Frank F. Orr, 1914-1985


            It’s hard to believe that the end of January marks the 30th anniversary of the death of Frank F. Orr, the man who led a small-town newspaper to a Pulitzer Prize and became an icon in his community.
            Frank was born in San Diego in 1914, descended, on his mother’s side, from the Bockius family of Watsonville. As a boy, he paid long visits to the town during summer vacations and fell in love with it. Eventually, he was able to call Watsonville home for most of his adult life.
            He got into journalism early. As a student at Stanford in the 1930s, he ran for editor of the Stanford Daily, but lost to another student, who wasn’t as good a journalist but who was a better politician. That other student’s name was Alan Cranston, and he went on to serve four terms as U.S. Senator from California.

He Didn’t Like Ike

            When World War II broke out, Frank was married and working as managing editor of the Watsonville Register-Pajaronian. He enlisted in officer training school and ended up working directly under General Dwight D. Eisenhower as chief of photo operations in the European Theater. As a result of that experience, he twice endorsed Adlai Stevenson for president.
            He returned to Watsonville after the war and in January of 1949, at the age of 34, was appointed editor of the newspaper. Within a year he had turned a docile small-town paper that protected the town’s bigshots into a first-rate operation that covered the news without fear or favor.
            The best-known example was the coverage of a young district attorney, Charles L. Moore, Jr. Moore was elected in 1954 on a platform of cleaning up vice in Watsonville. There had been plenty of it during the war years, but little remained by the time Moore took office. His largest campaign contributor, however, seemed intent on bringing back large-scale gambling and using his connections with the local prosecutor to do so without penalty.
            Throughout 1955, the Register-Pajaronian covered the story thoroughly and asked pointed questions editorially. Late in the year, photographer Sam Vestal was held at gunpoint after taking pictures of the DA’s car parked in front of the gambler’s house in the wee hours of the morning.
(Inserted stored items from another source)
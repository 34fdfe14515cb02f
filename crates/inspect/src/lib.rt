// What is looked up on a disk without a state. Nothing is stored on it.
#![tactic(auto)]

pub mod groups;
pub mod outcomes;
pub mod page;
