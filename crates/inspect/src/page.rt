// One page of the pattern (document 02, A.6, where it is called a drawer), as a restart with stores enough would leave it.
ghost use Rattle.std.specs.Prelude.{◌≡◌};
ghost use Rattle.store.specs.Answer.{says};
ghost use Rattle.inspect.specs.Page.{page_of};

use disk::examine::judge;
use layout::refusal::Refusal;
use layout::{DISK_LEN, MEMORY_LEN, PAGE_LEN, PAGES};
use redolog::stores::fill_zero;

// The buffer becomes the page of that number, counted from 0.
pub fn read_page(disk: &[u8], buffer: &mut [u8], page: usize) -> Result<(), Refusal>
    ensures result_value { says result ≡ (page_of disk.now buffer.old page).says }
    ensures buffer_after { buffer.new ≡ (page_of disk.now buffer.old page).buffer }
{
    let Some(disk) = disk.as_array::<DISK_LEN>() else {
        return Err(Refusal::WrongLength);
    };
    if buffer.len() != PAGE_LEN {
        return Err(Refusal::WrongLength);
    }
    if PAGES <= page {
        return Err(Refusal::BadPage);
    }
    let mut memory = [0u8; MEMORY_LEN];
    if let Err(refusal) = judge(disk, &mut memory) {
        fill_zero(buffer);
        return Err(refusal);
    }
    let at = page * PAGE_LEN;
    buffer.copy_from_slice(&memory[at..at + PAGE_LEN]);
    Ok(())
}
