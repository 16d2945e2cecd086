// The model's definitions against the numbers of the independent version, computed by the checker: specs/ alone, no function.
#![tactic(auto)]
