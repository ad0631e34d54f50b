// The vocabulary that deck reader, orders, frames and routine share, and what they ask of an order, of a mask and of line 1.
#![tactic(auto)]

ghost use Rattle.std.specs.Prelude.{◌≡◌, ◌≤◌, ◌<◌, [], ◌∷◌};
ghost use Rattle.ast.specs.Count.{cell_count};
ghost use Rattle.ast.specs.Mask.{in_mask, is_preserved, save_cell, saves, free, open_cell};
ghost use Rattle.ast.specs.Counts.{prologue_holds, result_holds, epilogue_holds, cap_holds, counts_hold};
ghost use Rattle.ast.specs.Uses.{uses as uses_of, registers_fit, index_holds, operand_open, saves_hold, padded};

// Where a cell is: the block or frame at s1, the frame's cells at s5, the parameters at s4.
#[derive(Clone, Copy)]
pub enum Place {
    Mem,
    Stack,
    Param,
}

// d, s
#[derive(Clone, Copy)]
pub enum Unary {
    Fmov,
    Recip,
    Round,
    Floor,
    Not,
}

// d, s and a scratch register
#[derive(Clone, Copy)]
pub enum Scratched {
    Sign,
    Frac,
}

// d, s1, s2
#[derive(Clone, Copy)]
pub enum Binary {
    Minus,
    Times,
    Divide,
    Gt,
    Neq,
    And,
    Andnot,
    Or,
    Xor,
}

// d, s1, s2, s3
#[derive(Clone, Copy)]
pub enum Fused {
    MulAdd,
    MulSub,
    NegMulAdd,
    NegMulSub,
}

// One order of document 01. Registers are numbers of float registers.
#[derive(Clone, Copy)]
pub enum Order {
    Unary(Unary, u32, u32),
    Scratched(Scratched, u32, u32, u32),
    Binary(Binary, u32, u32, u32),
    Fused(Fused, u32, u32, u32, u32),
    // d, true, false, index of a stack cell
    Ifelse(u32, u32, u32, u32),
    // d, index of a constant
    LoadConst(u32, u32),
    // d, cell: `get`
    Load(u32, Place, u32),
    // s, cell: `put`
    Save(u32, Place, u32),
    // condition, user label, is_else
    BranchIf(u32, u32, bool),
    // user label
    SetLabel(u32),
}

// A constant, a float value or a raw word: turned into bits when it is appended.
#[derive(Clone, Copy)]
pub enum Constant {
    Float(f64),
    Bits(u64),
}

// The two frames.
#[derive(Clone, Copy)]
pub enum Frame {
    Fast,
    Indirect,
}

// Line 1: `last` is the result cell of a fast frame, the count of parameters of an indirect one.
#[derive(Clone, Copy)]
pub struct Head {
    pub frame: Frame,
    pub cap: u32,
    pub states: u32,
    pub obs: u32,
    pub last: u32,
    pub mask: u32,
}

// An order's operand that is no register: a cell, a constant, a label.
#[derive(Clone, Copy)]
pub enum Operand {
    Nothing,
    Loaded(Place, u32),
    Stored(Place, u32),
    Constant(u32),
    GoneTo(u32),
    Set(u32),
}

// What an order uses: its registers, 0 where it has fewer than four; those that it writes, at most two; its operand that is no register.
#[derive(Clone, Copy)]
pub struct View {
    pub registers: [u32; 4],
    pub writes: [Option<u32>; 2],
    pub operand: Operand,
}

// ---- preserved float registers and the mask

// The register's bit; those from 32 on have none.
pub fn in_mask(mask: u32, r: u32) -> bool
    ensures { result ≡ in_mask mask r }
{
    r < 32 && (mask >> r) % 2 == 1
}

pub fn is_preserved(r: u32) -> bool
    ensures { result ≡ is_preserved r }
{
    matches!(r, 8..=9 | 18..=27)
}

// f8, f9 go to stack cells 4, 5 and f18..f27 to 6..15.
pub fn save_cell(r: u32) -> u32
    ensures { (result ≡ save_cell r) × (result ≤ r) }
{
    if r < 18 { r.saturating_sub(4) } else { r - 12 }
}

// The mask has one of f8, f9, f18 to f27.
pub fn saves_any(mask: u32) -> bool
    ensures { result ≡ saves mask }
{
    mask / 0x100 % 4 != 0 || mask / 0x40000 % 0x400 != 0
}

// A register that isn't preserved, or is in the mask. The number has a bit for each that isn't.
pub fn is_free(mask: u32, r: u32) -> bool
    ensures { result ≡ free mask r }
{
    r >= 32 || (mask >> r) % 2 + (0xf003fcffu32 >> r) % 2 != 0
}

// No saved register's cell.
pub fn is_open(mask: u32, p: Place, i: u32) -> bool
    ensures { result ≡ open_cell mask p i }
{
    match p {
        Place::Stack => match i {
            4..=5 => !in_mask(mask, i + 4),
            6..=15 => !in_mask(mask, i + 12),
            _ => true,
        },
        Place::Mem | Place::Param => true,
    }
}

// ---- line 1

pub fn cell_count(head: Head, p: Place) -> u64
    ensures { result ≡ cell_count head p }
{
    match (p, head.frame) {
        (Place::Mem, _) => u64::from(head.states) + u64::from(head.obs),
        (Place::Stack, _) => u64::from(head.cap),
        (Place::Param, Frame::Fast) => 0,
        (Place::Param, Frame::Indirect) => u64::from(head.last),
    }
}

// Cap, cells and parameters at most 4,096 each, at most 8 states in a fast frame.
pub fn prologue_holds(head: Head) -> bool
    ensures { result ≡ prologue_holds head }
{
    head.cap <= 4096
        && cell_count(head, Place::Mem) <= 4096
        && match head.frame {
            Frame::Fast => head.states <= 8,
            Frame::Indirect => head.last <= 4096,
        }
}

// A fast result cell is at most 255, and one of the cells.
pub fn result_holds(head: Head) -> bool
    ensures { result ≡ result_holds head head.frame }
{
    match head.frame {
        Frame::Fast => head.last <= 255 && u64::from(head.last) < cell_count(head, Place::Mem),
        Frame::Indirect => true,
    }
}

pub fn epilogue_holds(head: Head) -> bool
    ensures { result ≡ epilogue_holds head }
{
    prologue_holds(head) && result_holds(head)
}

// Cap at least 16 if the mask has a preserved register.
pub fn cap_holds(head: Head) -> bool
    ensures { result ≡ cap_holds head }
{
    head.cap >= 16 || !saves_any(head.mask)
}

// All counts of line 1.
#[tactic(auto, unfolding(crate::specs::Counts::counts_hold))]
pub fn counts_hold(head: Head) -> bool
    ensures { result ≡ counts_hold head }
{
    epilogue_holds(head) && cap_holds(head)
}

// ---- what an order uses

fn viewed(registers: [u32; 4], writes: [Option<u32>; 2], operand: Operand) -> View
    ensures { result ≡ record { registers = registers; writes = writes; operand = operand } }
{
    View {
        registers,
        writes,
        operand,
    }
}

fn unary_uses(k: Unary, d: u32, s: u32) -> View
    ensures { result ≡ padded (uses_of (Order.Unary k d s)) }
{
    let writes = match k {
        Unary::Fmov if d == s => [None, None],
        Unary::Recip => [Some(10), Some(d)],
        Unary::Fmov | Unary::Round | Unary::Floor | Unary::Not => [Some(d), None],
    };
    viewed([d, s, 0, 0], writes, Operand::Nothing)
}

// The one place where the code goes by an order's kinds to say what it uses.
pub fn uses(o: Order) -> View
    ensures { result ≡ padded (uses_of o) }
{
    let none = Operand::Nothing;
    match o {
        Order::Unary(k, d, s) => unary_uses(k, d, s),
        Order::Scratched(_, d, s, t) => viewed([d, s, t, 0], [Some(t), Some(d)], none),
        Order::Binary(_, d, a, b) => viewed([d, a, b, 0], [Some(d), None], none),
        Order::Fused(_, d, a, b, c) => viewed([d, a, b, c], [Some(d), None], none),
        Order::Ifelse(d, a, b, i) => viewed(
            [d, a, b, 0],
            [Some(d), None],
            Operand::Loaded(Place::Stack, i),
        ),
        Order::LoadConst(d, k) => viewed([d, 0, 0, 0], [Some(d), None], Operand::Constant(k)),
        Order::Load(d, p, i) => viewed([d, 0, 0, 0], [Some(d), None], Operand::Loaded(p, i)),
        Order::Save(s, p, i) => viewed([s, 0, 0, 0], [None, None], Operand::Stored(p, i)),
        Order::BranchIf(c, l, _) => viewed([c, 0, 0, 0], [None, None], Operand::GoneTo(l)),
        Order::SetLabel(l) => viewed([0, 0, 0, 0], [None, None], Operand::Set(l)),
    }
}

// Its registers are below 32.
pub fn registers_fit(o: Order) -> bool
    ensures { result ≡ registers_fit (uses_of o).registers }
{
    let [a, b, c, d] = uses(o).registers;
    a < 32 && b < 32 && c < 32 && d < 32
}

// The index of the cell that an order names is below its count.
pub fn index_holds(head: Head, o: Order) -> bool
    ensures { result ≡ index_holds head o }
{
    match uses(o).operand {
        Operand::Loaded(p, i) | Operand::Stored(p, i) => u64::from(i) < cell_count(head, p),
        Operand::Nothing | Operand::Constant(_) | Operand::GoneTo(_) | Operand::Set(_) => true,
    }
}

// What an order stores to is no saved register's cell.
fn stores_open(mask: u32, x: Operand) -> bool
    ensures { result ≡ operand_open mask x }
{
    match x {
        Operand::Stored(p, i) => is_open(mask, p, i),
        Operand::Nothing | Operand::Loaded(_, _) | Operand::Constant(_) => true,
        Operand::GoneTo(_) | Operand::Set(_) => true,
    }
}

// The order writes no preserved register outside the mask, and no saved register's cell.
pub fn saves_hold(mask: u32, o: Order) -> bool
    ensures { result ≡ saves_hold mask o }
{
    let u = uses(o);
    let [first, second] = u.writes;
    first.is_none_or(|r| is_free(mask, r))
        && second.is_none_or(|r| is_free(mask, r))
        && stores_open(mask, u.operand)
}
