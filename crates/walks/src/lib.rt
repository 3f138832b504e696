// Loops over the lent register. No code and no rule of the paper: specs/ has the few words that contracts of functions over it are written in, proofs/ the laws
// of one turn more.
#![tactic(auto)]
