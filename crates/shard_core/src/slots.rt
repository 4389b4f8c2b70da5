// The slots: one for each lane.
ghost use Rattle.std.specs.Prelude.{◌≡◌, ◌↔◌, [], IsTrue, ◌+◌, ◌≤◌, ◌<◌, length, IfOk, OnOk, slice_index_or, slice_get, slice_set, replicate, Some};
ghost use Rattle.shard_core.specs.declared.slots.LaneSlot.TheVariants.{Idle};

use cbdc_types::{Decisions, LaneId, List, Part, Reply, Stamp};
use std::alloc::{AllocError, Global};
use std::marker::Model;
use std::mem;

/// What a shard remembers of a lane. The number is that of its last batch, 0 before the first.
#[derive(Debug, PartialEq, Eq, Drop)]
pub enum LaneSlot {
    /// No batch is remembered. The stamp is that of the lane's last record here.
    Idle {
        number: u64,
        stamp: Stamp,
    },
    /// The part was locked with these replies, under this stamp.
    Locked {
        number: u64,
        part: Part,
        replies: List<Reply>,
        locked_at: Stamp,
    },
    /// The part was locked with these replies and finished with these decisions, under these two stamps.
    Finished {
        number: u64,
        part: Part,
        replies: List<Reply>,
        decisions: Decisions,
        locked_at: Stamp,
        finished_at: Stamp,
    },
}

/// A slot for each lane.
#[derive(Drop)]
pub struct Slots {
    slots: Vec<LaneSlot>,
}

impl Model for Slots {
    ghost use Rattle.std.specs.Prelude.{List};
    ghost use Rattle.shard_core.specs.declared.slots.LaneSlot.{LaneSlot};

    ghost Value = { List LaneSlot };

    ghost view = { λ s. s.slots.items };
}

impl Slots {
    /// So many lanes with no batch yet.
    pub fn new(alloc: Global, lanes: u32) -> Result<Slots, AllocError>
        ensures { IfOk result (λ s. s ≡ replicate lanes (Idle 0 0)) }
    {
        let mut slots = Vec::with_capacity(alloc, lanes as usize)?;
        for _ in 0..lanes {
            slots.push(LaneSlot::Idle {
                number: 0,
                stamp: Stamp(0),
            })?;
        }
        Ok(Slots { slots })
    }

    /// How many lanes there are. Takes no memory.
    pub fn len(&self) -> usize
        ensures { result ≡ length self.now }
    {
        self.slots.len()
    }

    /// Whether there is no lane. Takes no memory.
    pub fn is_empty(&self) -> bool
        ensures { IsTrue result ↔ (self.now ≡ []) }
    {
        self.slots.is_empty()
    }

    /// The slot of a lane. Takes no memory.
    pub fn slot(&self, lane: LaneId) -> &LaneSlot
        requires { lane < length self.now }
        ensures { slice_get self.now lane ≡ Some result.now }
    {
        &self.slots[lane.0 as usize]
    }

    /// Puts a slot in the place of a lane's. Takes no memory.
    pub fn put(&mut self, lane: LaneId, slot: LaneSlot)
        requires { lane < length self.old }
        ensures { self.new ≡ slice_set self.old lane slot }
    {
        self.slots[lane.0 as usize] = slot;
    }

    /// Takes out the slot of a lane, and leaves it Idle with the number 0. Takes no memory.
    pub fn take(&mut self, lane: LaneId) -> LaneSlot
        requires { lane < length self.old }
        ensures value { slice_get self.old lane ≡ Some result }
        ensures after { self.new ≡ slice_set self.old lane (Idle 0 0) }
    {
        mem::replace(
            &mut self.slots[lane.0 as usize],
            LaneSlot::Idle {
                number: 0,
                stamp: Stamp(0),
            },
        )
    }
}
In the confusion that followed, Vestal slipped the film to Orr, and when the pictures appeared on the front page of the paper the next day, they led to an investigation by the state Attorney General’s office and indictments of the DA and the gambler and a Pulitzer Prize gold medal for public service for the Register-Pajaronian.

A Personal Connection

            It was 17 years later, in the fall of 1972 that I came to work for the paper, and I considered myself to be the luckiest cub reporter alive to be learning the business from Frank, Sam, Ward Bushee, and Howard Sheerin, all of whom had been around for the Pulitzer story.
            Frank was a tall man with an erect military bearing and a deep, gravelly voice, toasted to perfection by years of smoking Pall Mall unfiltereds. He was cowed by no one, but could be warm and supportive when he approved of something. To the reporters who worked for him, there was no higher compliment than one of his personal notes of praise, banged out on his typewriter (on a half-sheet of copy paper) and placed in the recipient’s.
            In his 70th year, Frank was still the editor, but increasingly looking not so good.  In September, he was diagnosed with terminal cancer and spent his last few months mostly at home before dying January 31, 1985. He was the editor of the paper to his final breath, and wouldn’t have had it any other way.